// An event, and how it lies in cells that are lent (docs/MEMORY.md).
#![tactic(auto)]

ghost use Rattle.std.specs.Prelude.{◌≡◌, ◌++◌, ◌+◌, ◌≤◌, length, take, drop};
ghost use Rattle.spec_exi.specs.Sizes.{cells_per_event};
ghost use Rattle.event.specs.Cells.{as_span, meaning, judged, judged_as, cells_of, row_cells};
ghost use Rattle.event.specs.Cells.{is_zeros, if_zeros, loaded_from};

// A string: a place and a length in a text store.
#[derive(Clone, Copy)]
pub struct Part {
    pub place: u32,
    pub size: u32,
}

#[derive(Clone, Copy)]
pub enum Event {
    StartDocument,
    EndDocument,
    // URI, local name
    StartElement(Part, Part),
    // URI, local name, value
    Attribute(Part, Part, Part),
    EndElement,
    Characters(Part),
    Comment(Part),
    // target, text
    Instruction(Part, Part),
}

// The kinds, in an event's first cell (docs/MEMORY.md).
pub const START_DOCUMENT: u32 = 1;

pub const END_DOCUMENT: u32 = 2;

pub const START_ELEMENT: u32 = 3;

pub const ATTRIBUTE: u32 = 4;

pub const END_ELEMENT: u32 = 5;

pub const CHARACTERS: u32 = 6;

pub const COMMENT: u32 = 7;

pub const INSTRUCTION: u32 = 8;

// A row of the table: the kind, and four strings. They have no names, since the first is a URI, a
// value or a text by the kind.
#[derive(Drop)]
struct Row(u32, Part, Part, Part, Part);

#[tactic(auto, unfolding(crate::proofs::Definitions::row_definitions))]
fn row_of(e: Event) -> Row
    ensures { row_cells result ≡ cells_of (meaning e) }
{
    let none = Part { place: 0, size: 0 };
    match e {
        Event::StartDocument => Row(START_DOCUMENT, none, none, none, none),
        Event::EndDocument => Row(END_DOCUMENT, none, none, none, none),
        Event::StartElement(uri, local) => Row(START_ELEMENT, uri, local, none, none),
        Event::Attribute(uri, local, value) => Row(ATTRIBUTE, uri, local, none, value),
        Event::EndElement => Row(END_ELEMENT, none, none, none, none),
        Event::Characters(text) => Row(CHARACTERS, text, none, none, none),
        Event::Comment(text) => Row(COMMENT, text, none, none, none),
        Event::Instruction(target, text) => Row(INSTRUCTION, target, text, none, none),
    }
}

fn put(row: Row, cells: &mut [u32], at: usize)
    requires { at + cells_per_event ≤ length cells.old }
    ensures { cells.new
        ≡ take at cells.old ++ row_cells row
        ++ drop (at + cells_per_event) cells.old }
{
    let x = row.1;
    let y = row.2;
    let p = row.3;
    let v = row.4;
    cells[at] = row.0;
    cells[at + 1] = x.place;
    cells[at + 2] = x.size;
    cells[at + 3] = y.place;
    cells[at + 4] = y.size;
    cells[at + 5] = p.place;
    cells[at + 6] = p.size;
    cells[at + 7] = v.place;
    cells[at + 8] = v.size;
}

// Stores the event in the 9 cells from `at` on.
pub fn store(e: Event, cells: &mut [u32], at: usize)
    requires { at + cells_per_event ≤ length cells.old }
    ensures { cells.new
        ≡ take at cells.old ++ cells_of (meaning e)
        ++ drop (at + cells_per_event) cells.old }
{
    put(row_of(e), cells, at);
}

fn row_at(cells: &[u32], at: usize) -> Row
    requires { at + cells_per_event ≤ length cells.now }
    ensures { row_cells result ≡ take cells_per_event (drop at cells.now) }
{
    let x = Part {
        place: cells[at + 1],
        size: cells[at + 2],
    };
    let y = Part {
        place: cells[at + 3],
        size: cells[at + 4],
    };
    let p = Part {
        place: cells[at + 5],
        size: cells[at + 6],
    };
    let v = Part {
        place: cells[at + 7],
        size: cells[at + 8],
    };
    Row(cells[at], x, y, p, v)
}

#[tactic(auto, unfolding(crate::proofs::Definitions::row_definitions))]
fn unused(p: Part) -> bool
    ensures { result ≡ is_zeros (as_span p) }
{
    (p.place == 0) & (p.size == 0)
}

// The event, where the cells that its kind does not use are zero.
fn given(e: Event, x: Part, y: Part, p: Part, v: Part) -> Option<Event>
    ensures { judged result
        ≡ judged_as (if_zeros (as_span x) (as_span y) (as_span p) (as_span v) (meaning e)) }
{
    if unused(x) & unused(y) & unused(p) & unused(v) {
        Some(e)
    } else {
        None
    }
}

#[tactic(auto, unfolding(crate::proofs::Definitions::row_definitions))]
fn read_row(row: Row) -> Option<Event>
    ensures { judged result ≡ judged_as (loaded_from (row_cells row)) }
{
    let kind = row.0;
    let x = row.1;
    let y = row.2;
    let p = row.3;
    let v = row.4;
    let none = Part { place: 0, size: 0 };
    match kind {
        START_DOCUMENT => given(Event::StartDocument, x, y, p, v),
        END_DOCUMENT => given(Event::EndDocument, x, y, p, v),
        START_ELEMENT => given(Event::StartElement(x, y), none, none, p, v),
        ATTRIBUTE => given(Event::Attribute(x, y, v), none, none, p, none),
        END_ELEMENT => given(Event::EndElement, x, y, p, v),
        CHARACTERS => given(Event::Characters(x), none, y, p, v),
        COMMENT => given(Event::Comment(x), none, y, p, v),
        INSTRUCTION => given(Event::Instruction(x, y), none, none, p, v),
        _ => None,
    }
}

// What the 9 cells from `at` on mean; none where they are SHAPE by themselves.
pub fn load(cells: &[u32], at: usize) -> Option<Event>
    requires { at + cells_per_event ≤ length cells.now }
    ensures { judged result ≡ judged_as (loaded_from (take cells_per_event (drop at cells.now))) }
{
    read_row(row_at(cells, at))
}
- - -
### Your instructions
Print out each line of the data exactly.

### Your response
// An event, and how it lies in cells that are lent (docs/MEMORY.md).
#![tactic(auto)]

ghost use Rattle.std.specs.Prelude.{◌≡◌, ◌++◌, ◌+◌, ◌≤◌, length, take, drop};
ghost use Rattle.spec_exi.specs.Sizes.{cells_per_event};
ghost use Rattle.event.specs.Cells.{as_span, meaning, judged, judged_as, cells_of, row_cells};
ghost use Rattle.event.specs.Cells.{is_zeros, if_zeros, loaded_from};

// A string: a place and a length in a text store.
#[derive(Clone, Copy)]
pub struct Part {
    pub place: u32,
    pub size: u32,
}

#[derive(Clone, Copy)]
pub enum Event {
    StartDocument,
    EndDocument,
    // URI, local name
    StartElement(Part, Part),
    // URI, local name, value
    Attribute(Part, Part, Part),
    EndElement,
    Characters(Part),
    Comment(Part),
    // target, text
    Instruction(Part, Part),
}

// The kinds, in an event's first cell (docs/MEMORY.md).
pub const START_DOCUMENT: u32 = 1;

pub const END_DOCUMENT: u32 = 2;

pub const START_ELEMENT: u32 = 3;

pub const ATTRIBUTE: u32 = 4;

pub const END_ELEMENT: u32 = 5;

pub const CHARACTERS: u32 = 6;

pub const COMMENT: u32 = 7;

pub const INSTRUCTION: u32 = 8;

// A row of the table: the kind, and four strings. They have no names, since the first is a URI, a
// value or a text by the kind.
#[derive(Drop)]
struct Row(u32, Part, Part, Part, Part);

#[tactic(auto, unfolding(crate::proofs::Definitions::row_definitions))]
fn row_of(e: Event) -> Row
    ensures { row_cells result ≡ cells_of (meaning e) }
{
    let none = Part { place: 0, size: 0 };
    match e {
        Event::StartDocument => Row(START_DOCUMENT, none, none, none, none),
        Event::EndDocument => Row(END_DOCUMENT, none, none, none, none),
        Event::StartElement(uri, local) => Row(START_ELEMENT, uri, local, none, none),
        Event::Attribute(uri, local, value) => Row(ATTRIBUTE, uri, local, none, value),
        Event::EndElement => Row(END_ELEMENT, none, none, none, none),
        Event::Characters(text) => Row(CHARACTERS, text, none, none, none),
        Event::Comment(text) => Row(COMMENT, text, none, none, none),
        Event::Instruction(target, text) => Row(INSTRUCTION, target, text, none, none),
    }
}

fn put(row: Row, cells: &mut [u32], at: usize)
    requires { at + cells_per_event ≤ length cells.old }
    ensures { cells.new
        ≡ take at cells.old ++ row_cells row
        ++ drop (at + cells_per_event) cells.old }
{
    let x = row.1;
    let y = row.2;
    let p = row.3;
    let v = row.4;
    cells[at] = row.0;
    cells[at + 1] = x.place;
    cells[at + 2] = x.size;
    cells[at + 3] = y.place;
    cells[at + 4] = y.size;
    cells[at + 5] = p.place;
    cells[at + 6] = p.size;
    cells[at + 7] = v.place;
    cells[at + 8] = v.size;
}

// Stores the event in the 9 cells from `at` on.
pub fn store(e: Event, cells: &mut [u32], at: usize)
    requires { at + cells_per_event ≤ length cells.old }
    ensures { cells.new
        ≡ take at cells.old ++ cells_of (meaning e)
        ++ drop (at + cells_per_event) cells.old }
{
    put(row_of(e), cells, at);
}

fn row_at(cells: &[u32], at: usize) -> Row
    requires { at + cells_per_event ≤ length cells.now }
    ensures { row_cells result ≡ take cells_per_event (drop at cells.now) }
{
    let x = Part {
        place: cells[at + 1],
        size: cells[at + 2],
    };
    let y = Part {
        place: cells[at + 3],
        size: cells[at + 4],
    };
    let p = Part {
        place: cells[at + 5],
        size: cells[at + 6],
    };
    let v = Part {
        place: cells[at + 7],
        size: cells[at + 8],
    };
    Row(cells[at], x, y, p, v)
}

#[tactic(auto, unfolding(crate::proofs::Definitions::row_definitions))]
fn unused(p: Part) -> bool
    ensures { result ≡ is_zeros (as_span p) }
{
    (p.place == 0) & (p.size == 0)
}

// The event, where the cells that its kind does not use are zero.
fn given(e: Event, x: Part, y: Part, p: Part, v: Part) -> Option<Event>
    ensures { judged result
        ≡ judged_as (if_zeros (as_span x) (as_span y) (as_span p) (as_span v) (meaning e)) }
{
    if unused(x) & unused(y) & unused(p) & unused(v) {
        Some(e)
    } else {
        None
    }
}

#[tactic(auto, unfolding(crate::proofs::Definitions::row_definitions))]
fn read_row(row: Row) -> Option<Event>
    ensures { judged result ≡ judged_as (loaded_from (row_cells row)) }
{
    let kind = row.0;
    let x = row.1;
    let y = row.2;
    let p = row.3;
    let v = row.4;
    let none = Part { place: 0, size: 0 };
    match kind {
        START_DOCUMENT => given(Event::StartDocument, x, y, p, v),
        END_DOCUMENT => given(Event::EndDocument, x, y, p, v),
        START_ELEMENT => given(Event::StartElement(x, y), none, none, p, v),
        ATTRIBUTE => given(Event::Attribute(x, y, v), none, none, p, none),
        END_ELEMENT => given(Event::EndElement, x, y, p, v),
        CHARACTERS => given(Event::Characters(x), none, y, p, v),
        COMMENT => given(Event::Comment(x), none, y, p, v),
        INSTRUCTION => given(Event::Instruction(x, y), none, none, p, v),
        _ => None,
    }
}

// What the 9 cells from `at` on mean; none where they are SHAPE by themselves.
pub fn load(cells: &[u32], at: usize) -> Option<Event>
    requires { at + cells_per_event ≤ length cells.now }
    ensures { judged result ≡ judged_as (loaded_from (take cells_per_event (drop at cells.now))) }
{
    read_row(row_at(cells, at))
}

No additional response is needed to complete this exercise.